0
votes

I am trying Tensorflow faster_rcnn_resnet101 model to detect multiple objects in a 642*481 image. I tried two ways but none got satisfactory results.

1) In this way, I cropped the objects (50*160 rectangle) from training images (training images might be at a different dim size than 642*481 test image). I use those cropped images to train the faster_rcnn_resnet101. Looks like it has good result if the test set is also a cropped image on the same size. But for the 642*481 test image, it could not detect multiple objects there with good results.

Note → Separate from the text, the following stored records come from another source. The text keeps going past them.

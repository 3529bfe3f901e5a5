//! E6, E9, S2, S3 and X3: what waits of an editor is refused.
ghost use Rattle.std.specs.Prelude.{◌≡◌, List, OnOk};
ghost use Rattle.std.specs.List.{AllByRecursion};
ghost use Rattle.event_model.specs.Does.{Does};
ghost use Rattle.event_model.specs.Event.{Event, behind};
ghost use Rattle.event_model.specs.Row.{each};
ghost use Rattle.event_model.specs.Settings.{Settings};
ghost use Rattle.group_facts.specs.group_rows.specs.Waiting.{refuse_held};
ghost use Rattle.mux_tables.specs.Documents.{DocumentsStand, Owed};
ghost use Rattle.mux_tables.specs.Stands.{Stands};
ghost use Rattle.mux_turns.specs.Initials.{IsNamed, refuse_id};
ghost use Rattle.mux_turns.specs.Welcomes.{Informs};

use crate::initials::refuse_id;
use message_body::{Body, Memory};
use mux_history::Outs;
use mux_tables::Tables;
use std::alloc::Global;

/// What is open under each of these ids at an editor fails.
pub fn refuse_ids(
    tables: &mut Tables,
    alloc: Global,
    outs: &mut Outs,
    e: u64,
    ids: &[Body],
) -> Result<(), Memory>
    ensures requests { tables.new.requests ≡ tables.old.requests }
    ensures versions { tables.new.versions ≡ tables.old.versions }
    ensures lasts { tables.new.lasts ≡ tables.old.lasts }
    ensures editors { tables.new.editors ≡ tables.old.editors }
    ensures same { tables.new.documents ≡ tables.old.documents }
    ensures told { OnOk result (Informs outs.old outs.new) }
    ensures does { (settings : Settings) (base : List Event) → AllByRecursion IsNamed ids.now
        → OnOk result (Does (λ t events. Stands settings t events) (each (refuse_id e) ids.now) base tables.old outs.old tables.new outs.new) }
    ensures documents { (settings : Settings) (owed : Owed) (base : List Event) → DocumentsStand settings owed tables.old (behind base outs.old)
        → OnOk result (DocumentsStand settings owed tables.new (behind base outs.new)) }
{
    for id in ids {
        refuse_id(tables, alloc, outs, e, id.bytes())?;
    }
    Ok(())
}

/// Each request of the editor that waits in the group of this number is refused, in the order in which they came.
pub fn refuse_held(
    tables: &mut Tables,
    alloc: Global,
    outs: &mut Outs,
    g: u64,
    e: u64,
) -> Result<(), Memory>
    ensures requests { tables.new.requests ≡ tables.old.requests }
    ensures versions { tables.new.versions ≡ tables.old.versions }
    ensures lasts { tables.new.lasts ≡ tables.old.lasts }
    ensures editors { tables.new.editors ≡ tables.old.editors }
    ensures same { tables.new.documents ≡ tables.old.documents }
    ensures told { OnOk result (Informs outs.old outs.new) }
    ensures does { (settings : Settings) (base : List Event)
        → OnOk result (Does (λ t events. Stands settings t events) (refuse_held settings g e) base tables.old outs.old tables.new outs.new) }
    ensures documents { (settings : Settings) (owed : Owed) (base : List Event) → DocumentsStand settings owed tables.old (behind base outs.old)
        → OnOk result (DocumentsStand settings owed tables.new (behind base outs.new)) }
{
    let ids = tables.waiting_ids(g, e)?;
    refuse_ids(tables, alloc, outs, e, &ids)?;
    Ok(())
}
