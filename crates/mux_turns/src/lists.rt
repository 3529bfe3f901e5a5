//! E12 and L2: the last lists of diagnostics that are kept of starts (LSP 3.17, Publish Diagnostics).
ghost use Rattle.std.specs.Prelude.{◌≡◌, option_map, IfOk};
ghost use Rattle.group_facts.specs.group_rows.specs.diagnostics_route.specs.Shown.{shown_text};

use message_body::{Body, Memory};
use mux_tables::diagnostics_route::shown;
use rpc_message::Message;
use std::alloc::Global;

// The most bytes of a body of a cause.
const MOST: usize = 268_435_456;

/// E12 and L2: a list that is kept as it is shown to an editor, by the editor's own version of the document, where that is open there. It
/// was read as it came, so that only memory can fail.
pub fn listed_text(alloc: Global, body: &Body, own: Option<&[u8]>) -> Result<Body, Memory>
    ensures { IfOk result (λ text. text ≡ shown_text (option_map (λ b. b.now) own.entry) body.now) }
{
    let bytes = body.bytes();
    if bytes.len() > MOST {
        return Err(Memory);
    }
    match Message::read(alloc, bytes) {
        Ok(message) => shown(alloc, &message, own),
        Err(_) => Err(Memory),
    }
}
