//! E2, E8 and E10: what an editor is answered with an error.
ghost use Rattle.std.specs.Prelude.{◌≡◌, ◌<◌, ℕ, List, true, false, Option, Some, map, length, IfNone, IfOk, IfSome, OnOk, slice_get};
ghost use Rattle.event_model.specs.declared.stage.Stage.TheVariants.{Ready};
ghost use Rattle.event_model.specs.Does.{Alike, Does};
ghost use Rattle.event_model.specs.Event.{Event, behind};
ghost use Rattle.event_model.specs.Row.{◌⨾◌};
ghost use Rattle.event_model.specs.Settings.{Settings};
ghost use Rattle.event_model.specs.Members.{params_of};
ghost use Rattle.group_facts.specs.group_rows.specs.Rows.{answer_error, early_code, forward, request_row, sync_row, wrong_code};
ghost use Rattle.group_facts.specs.group_rows.specs.Reserved.{reserves};
ghost use Rattle.json_text.specs.Json.{Json};
ghost use Rattle.group_words.specs.Houses.{home_of};
ghost use Rattle.group_facts.specs.mux_model.specs.Rows.{malformed_code, malformed_row};
ghost use Rattle.mux_tables.specs.declared.tables.Start.{Start};
ghost use Rattle.mux_tables.specs.Documents.{DocumentsStand, Owed};
ghost use Rattle.mux_tables.specs.Stands.{Stands, number_in};
ghost use Rattle.mux_turns.specs.Waits.{waiting_row};
ghost use Rattle.rpc_message.specs.Codes.{code_of};
ghost use Rattle.rpc_message.specs.Message.{Id, Message as Meaning, message_of, request};
ghost use Rattle.rpc_message.specs.Parsed.{IsRead};
ghost use Rattle.rpc_message.specs.Sorts.{Refuses};
ghost use Rattle.rpc_message.specs.Texts.{invalid_request, request_failed};

use event_model::Phase;
use group_facts::mux_members::{is_dollar, is_initialize};
use message_body::Memory;
use mux_history::Outs;
use mux_tables::Tables;
use rpc_message::{ErrorCode, Malformed, Message, error_answer};
use std::alloc::Global;

// The code of the answer to a body that is no message (JSON-RPC 2.0, section 5.1).
fn code_for(fault: Malformed) -> Result<ErrorCode, Memory>
    ensures { (m : Meaning) → Refuses fault m → IfOk result (λ code. code_of code ≡ malformed_code m) }
{
    match fault {
        Malformed::NotJson => Ok(ErrorCode::ParseError),
        Malformed::NotMessage => Ok(ErrorCode::InvalidRequest),
        Malformed::Memory => Err(Memory),
    }
}

/// E2: a body that is no message is answered under a null id, if the editor is there (JSON-RPC 2.0, section 5). `phase` says where
/// it stood.
pub fn reject(
    tables: &Tables,
    alloc: Global,
    outs: &mut Outs,
    e: u64,
    phase: Phase,
    fault: Malformed,
) -> Result<(), Memory>
    ensures does { (settings : Settings) (base : List Event) (body : List ℕ) → Refuses fault (message_of body)
        → OnOk result (Does (λ t events. Stands settings t events)
        (malformed_row e (message_of body) phase) base tables.now outs.old tables.now outs.new) }
    ensures documents { (settings : Settings) (owed : Owed) (base : List Event) → DocumentsStand settings owed tables.now (behind base outs.old)
        → OnOk result (DocumentsStand settings owed tables.now (behind base outs.new)) }
{
    let code = code_for(fault)?;
    if !phase.is_there() {
        return Ok(());
    }
    let text = error_answer(alloc, b"null", code)?;
    tables.tell(outs, e, text)?;
    Ok(())
}

/// A request is answered with an error, under its own id.
pub fn refuse(
    tables: &mut Tables,
    alloc: Global,
    outs: &mut Outs,
    e: u64,
    message: &Message,
    code: ErrorCode,
) -> Result<(), Memory>
    ensures requests { tables.new.requests ≡ tables.old.requests }
    ensures versions { tables.new.versions ≡ tables.old.versions }
    ensures lasts { tables.new.lasts ≡ tables.old.lasts }
    ensures editors { tables.new.editors ≡ tables.old.editors }
    ensures does { (settings : Settings) (base : List Event) (body method : List ℕ) (id : Id) (params : Option Json) → IsRead message.now body
        → message_of body ≡ request id method params
        → OnOk result (Does (λ t events. Stands settings t events) (answer_error e body (code_of code)) base tables.old outs.old tables.new outs.new) }
    ensures documents { (settings : Settings) (owed : Owed) (base : List Event) → DocumentsStand settings owed tables.old (behind base outs.old)
        → OnOk result (DocumentsStand settings owed tables.new (behind base outs.new)) }
{
    let id = message.id_bytes();
    let text = error_answer(alloc, id, code)?;
    tables.answer(outs, e, id, text)?;
    Ok(())
}

// E8: the code of the answer to a request that isn't taken: one under the name of a notification that begins with `$/` has its own
// (LSP 3.17, $ Notifications and Requests).
fn wrong_code(message: &Message, otherwise: ErrorCode) -> ErrorCode
    ensures { (body method : List ℕ) (id : Id) (params : Option Json) → IsRead message.now body → message_of body ≡ request id method params
        → code_of result ≡ wrong_code method (code_of otherwise) }
{
    if is_dollar(message) {
        ErrorCode::MethodNotFound
    } else {
        otherwise
    }
}

/// E8: a request that an editor which is served may not send is answered with an error (JSON-RPC 2.0, section 5.1: Invalid Request).
pub fn refuse_wrong(
    tables: &mut Tables,
    alloc: Global,
    outs: &mut Outs,
    e: u64,
    message: &Message,
) -> Result<(), Memory>
    ensures requests { tables.new.requests ≡ tables.old.requests }
    ensures versions { tables.new.versions ≡ tables.old.versions }
    ensures lasts { tables.new.lasts ≡ tables.old.lasts }
    ensures editors { tables.new.editors ≡ tables.old.editors }
    ensures does { (settings : Settings) (base : List Event) (body method : List ℕ) (id : Id) (params : Option Json) → IsRead message.now body
        → message_of body ≡ request id method params
        → OnOk result (Does (λ t events. Stands settings t events)
        (answer_error e body (wrong_code method invalid_request)) base tables.old outs.old tables.new outs.new) }
    ensures documents { (settings : Settings) (owed : Owed) (base : List Event) → DocumentsStand settings owed tables.old (behind base outs.old)
        → OnOk result (DocumentsStand settings owed tables.new (behind base outs.new)) }
{
    let code = wrong_code(message, ErrorCode::InvalidRequest);
    refuse(tables, alloc, outs, e, message, code)?;
    Ok(())
}

// E8: the same of a request that comes before the answer to `initialize`; a second `initialize` is an invalid one.
fn early_code(message: &Message) -> ErrorCode
    ensures { (body method : List ℕ) (id : Id) (params : Option Json) → IsRead message.now body → message_of body ≡ request id method params
        → code_of result ≡ early_code method }
{
    if is_initialize(message) {
        ErrorCode::InvalidRequest
    } else {
        wrong_code(message, ErrorCode::ServerNotInitialized)
    }
}

/// E8: a request that comes before the answer to `initialize` gets an error (LSP 3.17, Lifecycle Messages: ServerNotInitialized).
pub fn refuse_early(
    tables: &mut Tables,
    alloc: Global,
    outs: &mut Outs,
    e: u64,
    message: &Message,
) -> Result<(), Memory>
    ensures requests { tables.new.requests ≡ tables.old.requests }
    ensures versions { tables.new.versions ≡ tables.old.versions }
    ensures lasts { tables.new.lasts ≡ tables.old.lasts }
    ensures editors { tables.new.editors ≡ tables.old.editors }
    ensures does { (settings : Settings) (base : List Event) (body method : List ℕ) (id : Id) (params : Option Json) → IsRead message.now body
        → message_of body ≡ request id method params
        → OnOk result (Does (λ t events. Stands settings t events)
        (answer_error e body (early_code method)) base tables.old outs.old tables.new outs.new) }
    ensures documents { (settings : Settings) (owed : Owed) (base : List Event) → DocumentsStand settings owed tables.old (behind base outs.old)
        → OnOk result (DocumentsStand settings owed tables.new (behind base outs.new)) }
{
    let code = early_code(message);
    refuse(tables, alloc, outs, e, message, code)?;
    Ok(())
}

/// E10: the place of the group whose last start takes the editor's request that has no reserved token, as it stands before the request;
/// none where the editor is in no group, or the group has no start, or that start ended, isn't ready or has no number left: then it waits, or is to be refused.
pub fn asked_at(tables: &Tables, e: u64) -> Option<usize>
    ensures inside { IfSome result (λ g. g < length tables.now.lasts.items) }
    ensures home { IfSome result (λ g. (settings : Settings) (before : List Event) (x : Start) → slice_get tables.now.lasts.items g ≡ Some x
        → Stands settings tables.now before → home_of settings e before ≡ Some x.life.group) }
    ensures takes { IfSome result (λ g. (x : Start) → slice_get tables.now.lasts.items g ≡ Some x → (x.life.stage ≡ Ready) × (x.ids.next < x.ids.limit)) }
    ensures waits { IfNone result ((settings : Settings) (before : List Event) (body : List ℕ) → reserves (params_of body) ≡ false
        → Stands settings tables.now before → Alike (request_row settings before e body) (waiting_row settings before e body)) }
    ensures goes { IfSome result (λ g. (settings : Settings) (before : List Event) (body : List ℕ) (s : ℕ) (x : Start)
        → slice_get tables.now.lasts.items g ≡ Some x → slice_get (map number_in tables.now.lasts.items) g ≡ Some s
        → reserves (params_of body) ≡ false → Stands settings tables.now before
        → Alike (request_row settings before e body) (sync_row settings before x.life.group s e ⨾ forward settings s body)) }
{
    let g = tables.place(e)?;
    if tables.can_ask(g) { Some(g) } else { None }
}

/// E10: a request that no start takes is answered with an error (LSP 3.17, RequestFailed).
pub fn refuse_request(
    tables: &mut Tables,
    alloc: Global,
    outs: &mut Outs,
    e: u64,
    message: &Message,
) -> Result<(), Memory>
    ensures requests { tables.new.requests ≡ tables.old.requests }
    ensures versions { tables.new.versions ≡ tables.old.versions }
    ensures lasts { tables.new.lasts ≡ tables.old.lasts }
    ensures editors { tables.new.editors ≡ tables.old.editors }
    ensures does { (settings : Settings) (before base : List Event) (body method : List ℕ) (id : Id) (params : Option Json) → IsRead message.now body
        → message_of body ≡ request id method params → Alike (request_row settings before e body) (answer_error e body request_failed)
        → OnOk result (Does (λ t events. Stands settings t events) (request_row settings before e body) base tables.old outs.old tables.new outs.new) }
    ensures documents { (settings : Settings) (owed : Owed) (base : List Event) → DocumentsStand settings owed tables.old (behind base outs.old)
        → OnOk result (DocumentsStand settings owed tables.new (behind base outs.new)) }
{
    refuse(tables, alloc, outs, e, message, ErrorCode::RequestFailed)?;
    Ok(())
}

/// E10: a request with a token that might be the daemon's is answered with an error (JSON-RPC 2.0, section 5.1: Invalid params).
pub fn refuse_reserved(
    tables: &mut Tables,
    alloc: Global,
    outs: &mut Outs,
    e: u64,
    message: &Message,
) -> Result<(), Memory>
    ensures requests { tables.new.requests ≡ tables.old.requests }
    ensures versions { tables.new.versions ≡ tables.old.versions }
    ensures lasts { tables.new.lasts ≡ tables.old.lasts }
    ensures editors { tables.new.editors ≡ tables.old.editors }
    ensures does { (settings : Settings) (before base : List Event) (body method : List ℕ) (id : Id) (params : Option Json) → IsRead message.now body
        → message_of body ≡ request id method params → reserves (params_of body) ≡ true
        → OnOk result (Does (λ t events. Stands settings t events) (request_row settings before e body) base tables.old outs.old tables.new outs.new) }
    ensures documents { (settings : Settings) (owed : Owed) (base : List Event) → DocumentsStand settings owed tables.old (behind base outs.old)
        → OnOk result (DocumentsStand settings owed tables.new (behind base outs.new)) }
{
    refuse(tables, alloc, outs, e, message, ErrorCode::InvalidParams)?;
    Ok(())
}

Then I think about maybe the model rescaled the test image to match the 50*160 so the details got lost. In this thought, I tried another way

2) I copied each cropped images into a 642*481 white background respectively (padding basically). So each training image has the same dim size as the test image. The location of the cropped images copied on the background is purposely set as random. However, it still does not have good detection on the test image. To try its performance, I use GIMP to make windows that contain objects and replace other parts outside the windows with white pixels. The result is much better. If we only keep one object window in the image and make other parts as white, the result is super.

So my question is what is happening behind those? How could I make it work to detect multiple objects in the test images successfully? Thanks.

1

1 Answers

0
votes

The idea is that you should use training images containing multiple instances of objects during training. In other words, you don't have to crop ! Especially that your images are not very big.

However, you DO have to identify (label) the objects. This means to know the bounding box of each object in an image. Furthermore, this data should be assembled together with the original image in a tfrecord file. There is a good guide here with the whole process. In your case, you would label all objects in the source image (642x481), instead of just the "raccoon". If your objects have multiple classes, make sure you label them as so !

If you train with these images, which contain the objects in their contexts, then the network will learn to recognize similar images, which have objects in context.